Ion channel receptors are multimeric proteins, which usually locate in the plasma membrane. Each of those receptor proteins arranges itself in order to form a passageway or pore, so that to extend from one side of the membrane to the other, and therefore lead to fundamental physiological processes such as muscle contraction. These passageways, or ion channel receptors, have the flexible ability to open and close in response to chemical or mechanical signals. Ion channels receptors, unlike ion transporters, are passive. It means that they do not require a source of energy in order to function. Flow of ions to occur depend on the electro-chemical gradient. Most ion channels are gated to selectively block the ions flow. Both the amino acids that line a channel and the physical width of the channel determine which ions are able to go through from the cell exterior to its interior, and vice versa. When an ion channel is open, ions move into or out of the cell in single-file fashion. Individual ion channels are specific to particular ions. It means that ion channel receptors usually allow only a single type of ion to pass through them. A special feature of voltage-activated or -gated channels is a sensor that detects the electrical potential across the membrane. Sensors are the parts of the channel that can detect certain conditions or signal.

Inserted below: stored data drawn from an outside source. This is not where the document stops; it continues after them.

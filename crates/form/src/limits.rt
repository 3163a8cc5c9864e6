//! The limits of the exchange that an order, a batch or a clear has to keep.

/// The most underlyings of a market.
pub const MAX_UNDERLYINGS: u8 = 8;

/// The largest size of a weight.
pub const MAX_WEIGHT: u16 = 1_000;

/// The largest size of a strike, in whole prices.
pub const MAX_STRIKE: u64 = 1_000_000_000;

/// The highest limit price of an order, in ticks.
pub const MAX_PRICE: u64 = 1_000_000_000_000;

/// The largest quantity of an order.
pub const MAX_QUANTITY: u32 = 1_000_000;

/// The most legs of a bundle.
pub const MAX_LEGS: u8 = 4;

/// The largest size of a leg's count.
pub const MAX_COUNT: u16 = 1_000;

/// The most options that an order counts: its quantity times the sum of the sizes of its bundle's
/// counts.
pub const MAX_OPTIONS: u32 = 1_000_000;

/// The most orders of a batch.
pub const MAX_ORDERS: usize = 256;

/// The greatest number of an order. The least is 1.
pub const MAX_ORDER: u64 = 1_000_000;

/// The greatest work budget of a clear, in units of work.
pub const MAX_BUDGET: u32 = 20_000;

Understanding the physical structure of ion channels is undoubtedly the important thing to sorting out how they actually work in various situations. A lot of insight or explanations to ion channel receptors has come from recent X-ray crystallographic studies, or by electron microscopy.

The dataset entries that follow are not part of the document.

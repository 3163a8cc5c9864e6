//! Forms and states from their entries.
ghost use Rattle.std.specs.Prelude.{◌≡◌, int_le, map, nat_lt, pos};
ghost use Rattle.std.specs.List.{list_all, sum};
ghost use Rattle.form.specs.FormOf.{form_from};
ghost use Rattle.form.specs.StateOf.{state_from};
ghost use Rattle.form.specs.Vector.{positive_part};

use crate::forms::Form;
use crate::states::State;

impl Form {
    /// The option with these entries. None exactly where there are not 2 to 9. Takes no memory.
    pub fn from_entries(entries: &[i64]) -> Option<Form>
        ensures { result ≡ form_from entries.now }
    {
        if entries.len() < 2 || entries.len() > 9 {
            return None;
        }
        let mut nine = [0; 9];
        for (i, entry) in entries.iter().enumerate() {
            nine[i] = *entry;
        }
        Some(Form {
            count: entries.len() as u8,
            entries: nine,
        })
    }
}

impl State {
    /// The state with these entries. None exactly where there are not 2 to 9, one is below 0, or
    /// none is above. Takes no memory.
    pub fn from_entries(entries: &[i128]) -> Option<State>
        ensures { result ≡ state_from entries.now }
    {
        if entries.len() < 2 || entries.len() > 9 {
            return None;
        }
        if !are_from_zero(entries) || !is_any_above_zero(entries) {
            return None;
        }
        let mut nine = [0; 9];
        for (i, entry) in entries.iter().enumerate() {
            nine[i] = *entry;
        }
        Some(State {
            count: entries.len() as u8,
            entries: nine,
        })
    }
}

// Whether none is below 0.
fn are_from_zero(entries: &[i128]) -> bool
    ensures { result ≡ list_all (int_le (pos 0)) entries.now }
{
    entries.iter().all(|entry| 0 <= *entry)
}

// Whether none is above 0.
fn are_to_zero(entries: &[i128]) -> bool
    ensures { result ≡ list_all (λ z. int_le z (pos 0)) entries.now }
{
    entries.iter().all(|entry| *entry <= 0)
}

// Whether one is above 0.
#[tactic(auto, using(crate::proofs::MadeEntries::none_above))]
fn is_any_above_zero(entries: &[i128]) -> bool
    ensures { result ≡ nat_lt 0 (sum (map positive_part entries.now)) }
{
    !are_to_zero(entries)
}
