//! Orders for bundles of options, and the batches of one market that are cleared at once.

use crate::bundles::Bundle;
use lists::List;

/// Whether an order buys or sells its bundle.
#[derive(Clone, Copy, Debug, PartialEq, Eq)]
pub enum Side {
    Buy,
    Sell,
}

/// An order: at most `quantity` of the bundle at the limit `price`, in ticks for one bundle, or
/// better.
#[derive(Clone, Copy, Debug, PartialEq, Eq)]
pub struct Order {
    pub id: u64,
    pub account: u32,
    pub side: Side,
    pub bundle: Bundle,
    pub price: u64,
    pub quantity: u32,
}

/// The orders of a batch, which contracts see as their list.
pub type Orders = List<Order>;

/// The live orders of one market on this number of underlyings, by rising id.
#[derive(Debug, Drop)]
pub struct Batch {
    pub underlyings: u8,
    pub orders: Orders,
}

Sodium channels have a modular architecture, with distinct regions for the pore and the gates, mediating fast depolarization and conduct electrical impulses throughout nerve, muscle and heart. The voltage-gated sodium channel is a large, multimeric complex, composed of an α subunit and one or more smaller β subunits. α subunit contains the ion-conducting aqueous pore, while β subunit is required for full reconstitution of the properties of native sodium channels. Genes encoding sodium channel receptors include SCN1A, SCN2A, SCN3A, SCN5A, SCN8A, etc.
Voltage-dependent K+ channels open and allow ion conduction in response to changes in cell membrane voltage, which contain the central ion-conduction pores surrounded by voltage sensors. Voltage sensors include hydrophobic, cationic, helix–turn–helix structures on the channel's outer perimeter, also named "voltage-sensor paddles". Genes encoding potassium channel receptors include KCNA1, KCNA2, KCNA3, KCNA4, KCNA5, KCNB1, KCND3, KCNQ1, etc.
The voltage-gated calcium channels (VGCCs/CaVs), are transmembrane ion channel proteins that selectively conduct calcium ions through the cell membrane. The Cav channels play an important role as drug targets. They are associated with diseases such as hypokalemic periodic paralysis, cardiac arrhythmia, and epileptic seizure. The β-subunit (CaVβ), as intracellular protein of Cav channels, binds the α-interaction domain (AID) between transmembrane domains I and II of the pore-forming α1 subunit. Genes encoding calcium channel receptors include CACNA1C, CACNB2, CACNA2D1, CACNA1G, CACNA1H, etc.
Chloride is the most abundant anion in organisms. The carboxy terminus of all eukaryotic CLC proteins has two CBS domains, while the membrane-associated part of the protein is composed of 17 α-helices. Inspection of the crystal reveals that most of these helices are severely tilted to the membrane, not perpendicular. Many of these helices do not span the width of the bilayer. Genes encoding chloride channel receptors include CFTR, CLCN1, CLCN2, GABRA1, GABRA2, etc.
An acetylcholine receptor forms a gated ion channel in the plasma membrane. This receptor is a membrane protein with an aqueous pore, meaning it allows soluble materials to travel across the plasma membrane when open. But when no external signal is present, the pore is closed. When acetylcholine molecules bind to the receptor, this triggers a conformational change that opens the aqueous pore and allows ions to flow into the cell. Genes encoding acetylcholine receptors include CHRNA4, CHRNA7, CHRNB2, etc.
The vertebrate P2X receptors include seven subtypes (P2X1–P2X7) that form homo- or hetero-trimers. Each subunit of the P2X receptor is composed of the large extracellular domain that contains the ATP and other ligand binding sites, the two transmembrane helices that form a non-selective cation pore, and the intracellular N- and C-termini that modulate channel gating. Genes encoding ATP-gated P2X receptors include P2X1, P2X2, P2X3, P2X4, P2X5, P2X6, P2X7.